━━ Exercise inputs ━━
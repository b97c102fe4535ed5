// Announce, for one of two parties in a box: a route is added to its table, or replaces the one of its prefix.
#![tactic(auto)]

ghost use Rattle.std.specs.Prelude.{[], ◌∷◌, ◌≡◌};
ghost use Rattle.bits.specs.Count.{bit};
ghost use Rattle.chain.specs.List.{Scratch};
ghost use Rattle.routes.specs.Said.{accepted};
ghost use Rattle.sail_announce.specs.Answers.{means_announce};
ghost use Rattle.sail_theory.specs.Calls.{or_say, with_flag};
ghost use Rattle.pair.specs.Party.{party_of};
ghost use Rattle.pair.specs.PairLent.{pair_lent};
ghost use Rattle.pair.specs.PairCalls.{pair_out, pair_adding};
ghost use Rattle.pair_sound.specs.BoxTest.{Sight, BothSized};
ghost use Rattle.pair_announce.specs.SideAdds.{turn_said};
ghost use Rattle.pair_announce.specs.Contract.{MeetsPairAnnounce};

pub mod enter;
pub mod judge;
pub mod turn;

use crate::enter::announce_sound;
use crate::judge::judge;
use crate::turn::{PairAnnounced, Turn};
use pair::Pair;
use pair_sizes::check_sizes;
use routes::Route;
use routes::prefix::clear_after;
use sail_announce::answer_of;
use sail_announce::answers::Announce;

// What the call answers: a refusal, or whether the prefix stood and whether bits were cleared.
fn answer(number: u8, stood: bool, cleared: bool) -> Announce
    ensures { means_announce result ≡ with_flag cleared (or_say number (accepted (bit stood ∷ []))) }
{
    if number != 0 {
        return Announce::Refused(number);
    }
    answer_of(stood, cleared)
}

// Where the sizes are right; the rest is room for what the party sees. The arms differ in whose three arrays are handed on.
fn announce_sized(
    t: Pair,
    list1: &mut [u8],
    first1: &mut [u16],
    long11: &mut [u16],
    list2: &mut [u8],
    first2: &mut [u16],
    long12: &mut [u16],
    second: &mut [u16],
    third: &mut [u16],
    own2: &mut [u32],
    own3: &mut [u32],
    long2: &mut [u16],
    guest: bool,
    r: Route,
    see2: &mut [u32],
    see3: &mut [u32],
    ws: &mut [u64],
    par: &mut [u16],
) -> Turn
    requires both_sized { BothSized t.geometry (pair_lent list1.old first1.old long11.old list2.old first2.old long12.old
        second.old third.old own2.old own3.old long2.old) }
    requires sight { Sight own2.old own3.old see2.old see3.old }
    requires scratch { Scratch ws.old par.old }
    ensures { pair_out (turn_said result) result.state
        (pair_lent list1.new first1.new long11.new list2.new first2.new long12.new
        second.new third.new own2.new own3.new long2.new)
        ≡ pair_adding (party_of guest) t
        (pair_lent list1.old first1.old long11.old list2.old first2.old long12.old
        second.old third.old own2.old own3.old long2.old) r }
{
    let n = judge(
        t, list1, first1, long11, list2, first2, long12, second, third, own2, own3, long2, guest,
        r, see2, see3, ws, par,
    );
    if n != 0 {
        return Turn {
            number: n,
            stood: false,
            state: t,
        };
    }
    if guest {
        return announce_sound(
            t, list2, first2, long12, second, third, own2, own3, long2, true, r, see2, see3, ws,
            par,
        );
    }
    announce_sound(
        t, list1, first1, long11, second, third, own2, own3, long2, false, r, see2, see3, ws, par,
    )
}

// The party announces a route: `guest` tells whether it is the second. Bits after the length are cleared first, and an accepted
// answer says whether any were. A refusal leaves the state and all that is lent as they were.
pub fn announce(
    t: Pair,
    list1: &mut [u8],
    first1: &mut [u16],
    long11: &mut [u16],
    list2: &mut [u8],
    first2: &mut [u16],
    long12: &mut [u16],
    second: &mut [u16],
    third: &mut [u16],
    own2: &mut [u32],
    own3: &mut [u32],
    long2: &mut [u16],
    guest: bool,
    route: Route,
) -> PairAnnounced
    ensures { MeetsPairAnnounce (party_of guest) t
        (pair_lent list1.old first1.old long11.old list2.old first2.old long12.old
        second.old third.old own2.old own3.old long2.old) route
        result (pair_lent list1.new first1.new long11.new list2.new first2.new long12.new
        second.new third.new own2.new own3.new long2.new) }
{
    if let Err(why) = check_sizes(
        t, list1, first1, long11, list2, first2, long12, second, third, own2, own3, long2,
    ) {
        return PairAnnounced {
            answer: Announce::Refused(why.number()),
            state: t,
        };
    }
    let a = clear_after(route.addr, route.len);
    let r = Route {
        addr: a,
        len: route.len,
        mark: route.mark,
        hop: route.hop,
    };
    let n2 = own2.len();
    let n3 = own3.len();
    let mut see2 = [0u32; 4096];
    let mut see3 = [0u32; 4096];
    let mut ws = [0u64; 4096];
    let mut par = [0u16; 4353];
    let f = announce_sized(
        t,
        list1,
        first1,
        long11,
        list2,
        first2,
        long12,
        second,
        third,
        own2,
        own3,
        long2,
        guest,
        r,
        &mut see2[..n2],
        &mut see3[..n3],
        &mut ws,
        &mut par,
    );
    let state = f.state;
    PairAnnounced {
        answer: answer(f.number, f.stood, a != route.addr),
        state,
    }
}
━━━
━━ Exercise inputs ━━
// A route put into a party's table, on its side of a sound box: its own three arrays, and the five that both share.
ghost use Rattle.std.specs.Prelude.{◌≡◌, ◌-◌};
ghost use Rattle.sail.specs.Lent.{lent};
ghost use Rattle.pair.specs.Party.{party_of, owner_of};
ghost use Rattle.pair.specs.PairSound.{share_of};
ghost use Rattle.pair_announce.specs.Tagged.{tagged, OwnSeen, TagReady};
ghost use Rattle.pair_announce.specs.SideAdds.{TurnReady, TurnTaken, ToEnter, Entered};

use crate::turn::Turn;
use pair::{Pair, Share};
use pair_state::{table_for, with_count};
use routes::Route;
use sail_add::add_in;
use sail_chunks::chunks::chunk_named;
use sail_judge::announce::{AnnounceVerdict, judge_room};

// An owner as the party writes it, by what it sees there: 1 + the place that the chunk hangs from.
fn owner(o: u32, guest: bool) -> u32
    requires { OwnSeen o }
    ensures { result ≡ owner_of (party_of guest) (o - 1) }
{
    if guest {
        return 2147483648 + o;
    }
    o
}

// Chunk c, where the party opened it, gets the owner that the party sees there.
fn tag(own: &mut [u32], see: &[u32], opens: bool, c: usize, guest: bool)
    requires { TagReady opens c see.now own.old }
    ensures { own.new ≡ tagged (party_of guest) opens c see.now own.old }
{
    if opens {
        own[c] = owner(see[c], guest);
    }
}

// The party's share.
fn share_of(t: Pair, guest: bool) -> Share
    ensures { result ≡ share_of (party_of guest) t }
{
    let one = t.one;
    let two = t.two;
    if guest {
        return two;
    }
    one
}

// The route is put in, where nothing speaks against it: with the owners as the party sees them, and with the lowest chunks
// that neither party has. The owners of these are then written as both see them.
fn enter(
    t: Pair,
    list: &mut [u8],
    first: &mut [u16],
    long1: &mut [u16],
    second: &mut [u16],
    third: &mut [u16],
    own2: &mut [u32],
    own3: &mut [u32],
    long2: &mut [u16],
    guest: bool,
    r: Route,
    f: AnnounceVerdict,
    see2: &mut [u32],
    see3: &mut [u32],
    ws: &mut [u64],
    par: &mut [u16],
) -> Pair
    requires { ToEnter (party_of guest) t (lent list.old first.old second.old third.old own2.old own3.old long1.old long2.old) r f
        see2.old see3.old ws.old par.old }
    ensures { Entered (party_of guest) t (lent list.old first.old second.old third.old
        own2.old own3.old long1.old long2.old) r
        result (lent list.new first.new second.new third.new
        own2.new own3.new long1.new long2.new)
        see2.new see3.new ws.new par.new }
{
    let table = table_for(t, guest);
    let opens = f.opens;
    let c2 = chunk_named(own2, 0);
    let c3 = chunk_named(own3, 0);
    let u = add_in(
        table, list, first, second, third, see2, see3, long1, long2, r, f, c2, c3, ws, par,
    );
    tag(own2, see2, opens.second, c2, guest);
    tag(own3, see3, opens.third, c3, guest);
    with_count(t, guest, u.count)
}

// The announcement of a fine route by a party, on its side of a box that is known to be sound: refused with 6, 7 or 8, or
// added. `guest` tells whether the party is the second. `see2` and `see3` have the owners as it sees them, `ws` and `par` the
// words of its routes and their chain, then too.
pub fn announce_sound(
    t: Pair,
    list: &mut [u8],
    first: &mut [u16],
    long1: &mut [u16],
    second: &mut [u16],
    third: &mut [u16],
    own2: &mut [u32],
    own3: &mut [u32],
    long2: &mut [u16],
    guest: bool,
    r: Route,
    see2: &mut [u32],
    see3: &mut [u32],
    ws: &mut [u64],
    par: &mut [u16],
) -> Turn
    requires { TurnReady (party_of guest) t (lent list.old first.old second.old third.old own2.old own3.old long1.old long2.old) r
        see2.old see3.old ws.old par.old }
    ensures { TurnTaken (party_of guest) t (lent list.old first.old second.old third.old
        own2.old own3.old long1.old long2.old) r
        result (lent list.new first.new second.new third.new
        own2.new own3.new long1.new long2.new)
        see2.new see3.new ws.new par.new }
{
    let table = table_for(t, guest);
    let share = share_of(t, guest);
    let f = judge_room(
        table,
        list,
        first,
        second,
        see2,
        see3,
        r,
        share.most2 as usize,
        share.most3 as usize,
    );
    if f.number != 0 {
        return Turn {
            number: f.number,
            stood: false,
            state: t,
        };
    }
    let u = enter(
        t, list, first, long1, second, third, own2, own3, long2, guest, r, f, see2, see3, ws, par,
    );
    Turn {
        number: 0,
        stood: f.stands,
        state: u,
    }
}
━━━
**Task**: From the records above, work out how many lines contain the string "Sight". Give only the number.

**Exercise result**: 2